(Source data Opens)

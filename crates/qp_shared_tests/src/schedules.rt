//! Schedules of the atomic steps of one thread: the life of a block, posts and a take of three seats, and each step where it isn't allowed.

ghost use Rattle.std.specs.Prelude.{IfSome};
ghost use Rattle.qp_model.specs.Sound.{IsSound};

use arrayvec::ArrayVec;
use qp_base::Ev;
use qp_core::{CoreFault, CoreState, Op, apply, run};
use qp_model::{Rec, System, Word};
use qp_system::system_of_bytes;
use std::alloc::{AllocError, Global};

/// One object with a queue of one entry and the front, and a pool of two blocks of size 1. GO is signal 4, N is 5, X is 6.
const ONE: &str =
    "qp = 1\n[[pool]]\nsize = 1\nblocks = 2\n[[signal]]\nname = \"GO\"\nstatic = true\n[[signal]]\nname = \"N\"\nparams = 1\n[[signal]]\nname = \"X\"\nstatic = true\n[[chart]]\nname = \"c\"\ninit = \"s\"\n[[chart.state]]\nname = \"s\"\n[[object]]\nname = \"lamp\"\nchart = \"c\"\npriority = 1\nqueue = 1\n";

fn one(alloc: Global) -> Option<System>
    ensures { IfSome result (λ sys. IsSound sys) }
{
    system_of_bytes(alloc, ONE.as_bytes()).ok()
}

/// A step of these tests, on pool 1, its block 0 and object 1 where it names no other.
#[derive(Clone, Copy)]
enum Step {
    /// An event of N, by its parameter.
    Give(u64),
    /// A place and its value.
    Fill(u8, u64),
    Make,
    Drop,
    Back,
    Look(Word),
    /// A look at the queue's word, with a record that it shows one post.
    LookAtPost,
    Read,
    Peek(u8),
    /// A seat, and the objects that it then serves.
    Split(u32, u32),
    Join(u32),
    /// A pool and a reference, or pool 0 and a static signal.
    Claim(u8, u64),
    Lay,
    Empty,
    Free,
    Lifo,
}

/// A block is given, filled, referred to, posted, taken, dropped and put back.
const LIFE: &[(u32, Step)] = &[
    (0, Step::Give(5)),
    (0, Step::Fill(0, 5)),
    (0, Step::Fill(1, 5)),
    (0, Step::Look(Word::Block(1, 0))),
    (0, Step::Make),
    (0, Step::Claim(1, 0)),
    (0, Step::Lay),
    (0, Step::Peek(1)),
    (0, Step::Empty),
    (0, Step::Free),
    (0, Step::Drop),
    (0, Step::Back),
];

/// The same, but for its last two steps, which are swapped.
const SWAPPED: &[(u32, Step)] = &[
    (0, Step::Give(5)),
    (0, Step::Fill(0, 5)),
    (0, Step::Fill(1, 5)),
    (0, Step::Look(Word::Block(1, 0))),
    (0, Step::Make),
    (0, Step::Claim(1, 0)),
    (0, Step::Lay),
    (0, Step::Peek(1)),
    (0, Step::Empty),
    (0, Step::Free),
    (0, Step::Back),
    (0, Step::Drop),
];

/// Seats 0 and 1 post, and seat 2 takes.
const THREE_SEATS: &[(u32, Step)] = &[
    (0, Step::Split(1, 0)),
    (0, Step::Split(2, 1)),
    (0, Step::Claim(0, 4)),
    (1, Step::Claim(0, 6)),
    (1, Step::Lay),
    (2, Step::Look(Word::Queue(1))),
    (0, Step::Lay),
    (2, Step::Peek(1)),
    (2, Step::Empty),
    (2, Step::Free),
];

/// Seat 0 joins the others, and takes what is left.
const JOINED: &[(u32, Step)] = &[
    (0, Step::Join(1)),
    (0, Step::Join(2)),
    (0, Step::Empty),
    (0, Step::Free),
];

/// A seat that only looks is split off, and a give is begun.
const BEGUN: &[(u32, Step)] = &[(0, Step::Split(9, 0)), (0, Step::Give(5))];

/// Steps that aren't allowed behind those of `BEGUN`, and why.
const REFUSED: &[(&str, u32, Step)] = &[
    ("a give of the seat isn't finished", 0, Step::Give(6)),
    ("another value", 0, Step::Fill(1, 6)),
    ("words are still to be written", 0, Step::Make),
    ("no such reference", 0, Step::Drop),
    ("not used", 0, Step::Back),
    ("no such word", 0, Step::Look(Word::Queue(2))),
    ("another number", 0, Step::LookAtPost),
    ("no reference", 0, Step::Read),
    ("another object", 0, Step::Peek(2)),
    ("a seat that stands", 0, Step::Split(0, 0)),
    ("an object that isn't served", 0, Step::Split(1, 2)),
    ("itself", 0, Step::Join(0)),
    ("a seat that doesn't stand", 0, Step::Join(1)),
    ("no such reference to post", 0, Step::Claim(1, 0)),
    ("a signal that isn't static", 0, Step::Claim(0, 5)),
    ("no claim", 0, Step::Lay),
    ("the front cell isn't laid", 0, Step::Empty),
    ("no take is under way", 0, Step::Free),
    ("no such reference to post first", 0, Step::Lifo),
    (
        "a step of a seat that doesn't stand",
        1,
        Step::Look(Word::Pool(1)),
    ),
    ("a seat that only looks", 9, Step::Claim(0, 4)),
];

/// A schedule on one lane, and the place of the step at which it is refused.
struct Schedule {
    what: &'static str,
    steps: &'static [(u32, Step)],
    refused: Option<CoreFault>,
}

const SCHEDULES: &[Schedule] = &[
    Schedule {
        what: "nothing",
        steps: &[],
        refused: None,
    },
    Schedule {
        what: "a life",
        steps: LIFE,
        refused: None,
    },
    Schedule {
        what: "a block put back before its reference is dropped",
        steps: SWAPPED,
        refused: Some(CoreFault::NotAllowed { place: 10 }),
    },
    Schedule {
        what: "no such reference",
        steps: &[(0, Step::Drop)],
        refused: Some(CoreFault::NotAllowed { place: 0 }),
    },
    Schedule {
        what: "a post to a full queue",
        steps: &[
            (0, Step::Claim(0, 4)),
            (0, Step::Claim(0, 4)),
            (0, Step::Claim(0, 4)),
        ],
        refused: Some(CoreFault::NotAllowed { place: 2 }),
    },
];

/// A run on so many lanes; steps that aren't allowed behind it, and steps that are; and then the values of words, and how many records
/// seats have.
struct Case {
    what: &'static str,
    lanes: u32,
    run: &'static [(u32, Step)],
    refused: &'static [(&'static str, u32, Step)],
    taken: &'static [(u32, Step)],
    words: &'static [(Word, u64)],
    records: &'static [(u32, usize)],
}

const CASES: &[Case] = &[
    Case {
        what: "the life of a block",
        lanes: 1,
        run: &[],
        refused: &[],
        taken: LIFE,
        words: &[
            (Word::Pool(1), 8589934595),
            (Word::Block(1, 0), 8589934592),
            (Word::Queue(1), 4398046511105),
        ],
        records: &[(0, 6)],
    },
    Case {
        what: "two posts and a take of three seats",
        lanes: 3,
        run: THREE_SEATS,
        refused: &[],
        taken: &[],
        words: &[(Word::Queue(1), 4398046511106)],
        records: &[(0, 1), (1, 1), (2, 1)],
    },
    Case {
        what: "the seats are joined",
        lanes: 3,
        run: THREE_SEATS,
        refused: &[],
        taken: JOINED,
        words: &[(Word::Queue(1), 8796093022210)],
        records: &[(0, 2), (1, 0)],
    },
    Case {
        what: "each step that isn't allowed",
        lanes: 2,
        run: BEGUN,
        refused: REFUSED,
        taken: &[(9, Step::Look(Word::Pool(1)))],
        words: &[(Word::Pool(1), 4294967298)],
        records: &[(0, 1)],
    },
];

/// Seats, the objects for which they are to add records, and the former ones.
const OWNERS: &[(u32, u8, u8)] = &[(0, 1, 0), (0, 0, 1), (5, 1, 0)];

/// An event of N.
fn n(par: u64) -> Ev {
    let mut pars = ArrayVec::new();
    let _ = pars.try_push(par);
    Ev { sig: 5, pars }
}

fn op_of(step: Step) -> Op {
    let (pool, block, object, name) = (1, 0, 1, 0);
    match step {
        Step::Give(par) => Op::Give { pool, ev: n(par) },
        Step::Fill(place, value) => Op::Fill {
            pool,
            block,
            place,
            value,
        },
        Step::Make => Op::Make { pool, block },
        Step::Drop => Op::Drop { pool, block, name },
        Step::Back => Op::Back { pool, block },
        Step::Look(word) => Op::Look { word, rec: None },
        Step::LookAtPost => Op::Look {
            word: Word::Queue(object),
            rec: Some(Rec::seen(object, 1, 0, 0)),
        },
        Step::Read => Op::Read {
            pool,
            block,
            place: 0,
        },
        Step::Peek(object) => Op::Peek { object },
        Step::Split(into, serves) => Op::Split { into, serves },
        Step::Join(from) => Op::Join { from },
        Step::Claim(pool, name) => Op::Claim {
            to: object,
            pool,
            block,
            name,
        },
        Step::Lay => Op::Lay { to: object },
        Step::Empty => Op::Empty { object },
        Step::Free => Op::Free { object },
        Step::Lifo => Op::Lifo {
            object,
            pool,
            block,
            name,
        },
    }
}

fn ops_of(alloc: Global, steps: &[(u32, Step)]) -> Result<Vec<(u32, Op)>, AllocError> {
    let mut ops = Vec::new(alloc);
    for (seat, step) in steps {
        ops.push((*seat, op_of(*step))).map_err(|_| AllocError)?;
    }
    Ok(ops)
}

/// Whether a seat takes a step; None where memory is refused.
fn is_taken(alloc: Global, state: &mut CoreState<'_>, seat: u32, step: Step) -> Option<bool> {
    apply(alloc, state, seat, &op_of(step)).ok()
}

/// The first of these steps that is taken, by why it isn't to be.
fn first_taken(
    alloc: Global,
    state: &mut CoreState<'_>,
    steps: &[(&'static str, u32, Step)],
) -> Option<&'static str> {
    for (why, seat, step) in steps {
        if is_taken(alloc, state, *seat, *step) != Some(false) {
            return Some(why);
        }
    }
    None
}

/// Whether each of these steps is taken.
fn are_taken(alloc: Global, state: &mut CoreState<'_>, steps: &[(u32, Step)]) -> bool {
    for (seat, step) in steps {
        if is_taken(alloc, state, *seat, *step) != Some(true) {
            return false;
        }
    }
    true
}

/// Whether words have these values.
fn are_words(state: &CoreState<'_>, words: &[(Word, u64)]) -> bool {
    for (word, value) in words {
        if state.word(*word) != *value {
            return false;
        }
    }
    true
}

/// Whether seats have so many records.
fn are_counts(state: &CoreState<'_>, records: &[(u32, usize)]) -> bool {
    for (seat, count) in records {
        if state.records(*seat).len() != *count {
            return false;
        }
    }
    true
}

/// What isn't as a case has it behind its run.
fn wrong_behind(alloc: Global, state: &mut CoreState<'_>, case: &Case) -> Option<&'static str> {
    if let Some(why) = first_taken(alloc, state, case.refused) {
        return Some(why);
    }
    if !are_taken(alloc, state, case.taken) {
        return Some("a step isn't taken");
    }
    if !are_words(state, case.words) {
        return Some("another word");
    }
    if !are_counts(state, case.records) {
        return Some("another count of records");
    }
    None
}

/// What isn't as a case has it.
fn wrong(alloc: Global, sys: &System, case: &Case) -> Option<&'static str>
    requires { IsSound sys.now }
{
    if case.lanes == 0 || case.lanes > 49 {
        return Some("another count of lanes");
    }
    let Ok(ops) = ops_of(alloc, case.run) else {
        return Some("no memory for the steps");
    };
    match run(alloc, sys, case.lanes, &ops) {
        Ok(mut state) => wrong_behind(alloc, &mut state, case),
        Err(_) => Some("a step of the run isn't taken"),
    }
}

#[test]
fn runs_leave_these_words_and_records(rt: HostRuntime) {
    let Some(sys) = one(rt.alloc()) else {
        assert!(rt; false, "no system");
        return;
    };
    for case in CASES {
        let wrong = wrong(rt.alloc(), &sys, case);
        assert!(rt; wrong.is_none(), "{}: {wrong:?}", case.what);
    }
}

/// Whether a run on one lane ends so.
fn ends_so(alloc: Global, sys: &System, schedule: &Schedule) -> bool
    requires { IsSound sys.now }
{
    match ops_of(alloc, schedule.steps) {
        Ok(ops) => run(alloc, sys, 1, &ops).err() == schedule.refused,
        Err(_) => false,
    }
}

#[test]
fn a_run_names_its_first_step_that_is_not_allowed(rt: HostRuntime) {
    let Some(sys) = one(rt.alloc()) else {
        assert!(rt; false, "no system");
        return;
    };
    for schedule in SCHEDULES {
        assert!(rt; ends_so(rt.alloc(), &sys, schedule), "{}", schedule.what);
    }
}

/// Whether the objects of seats are set, on a lane of its own.
fn are_set(alloc: Global, sys: &System, owners: &[(u32, u8, u8)]) -> bool
    requires { IsSound sys.now }
{
    let Ok(mut state) = CoreState::new(alloc, sys, 1) else {
        return false;
    };
    for (seat, object, former) in owners {
        if state.set_by(*seat, *object) != *former {
            return false;
        }
    }
    true
}

#[test]
fn an_object_for_records_is_set(rt: HostRuntime) {
    let Some(sys) = one(rt.alloc()) else {
        assert!(rt; false, "no system");
        return;
    };
    assert!(rt; are_set(rt.alloc(), &sys, OWNERS));
}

(Source data Closes)

■ Task objective ■
Sift through the entries and copy every line with "lanes".

■ Exercise solution ■
/// A run on so many lanes; steps that aren't allowed behind it, and steps that are; and then the values of words, and how many records
    lanes: u32,
        lanes: 1,
        lanes: 3,
        lanes: 3,
        lanes: 2,
    if case.lanes == 0 || case.lanes > 49 {
        return Some("another count of lanes");
    match run(alloc, sys, case.lanes, &ops) {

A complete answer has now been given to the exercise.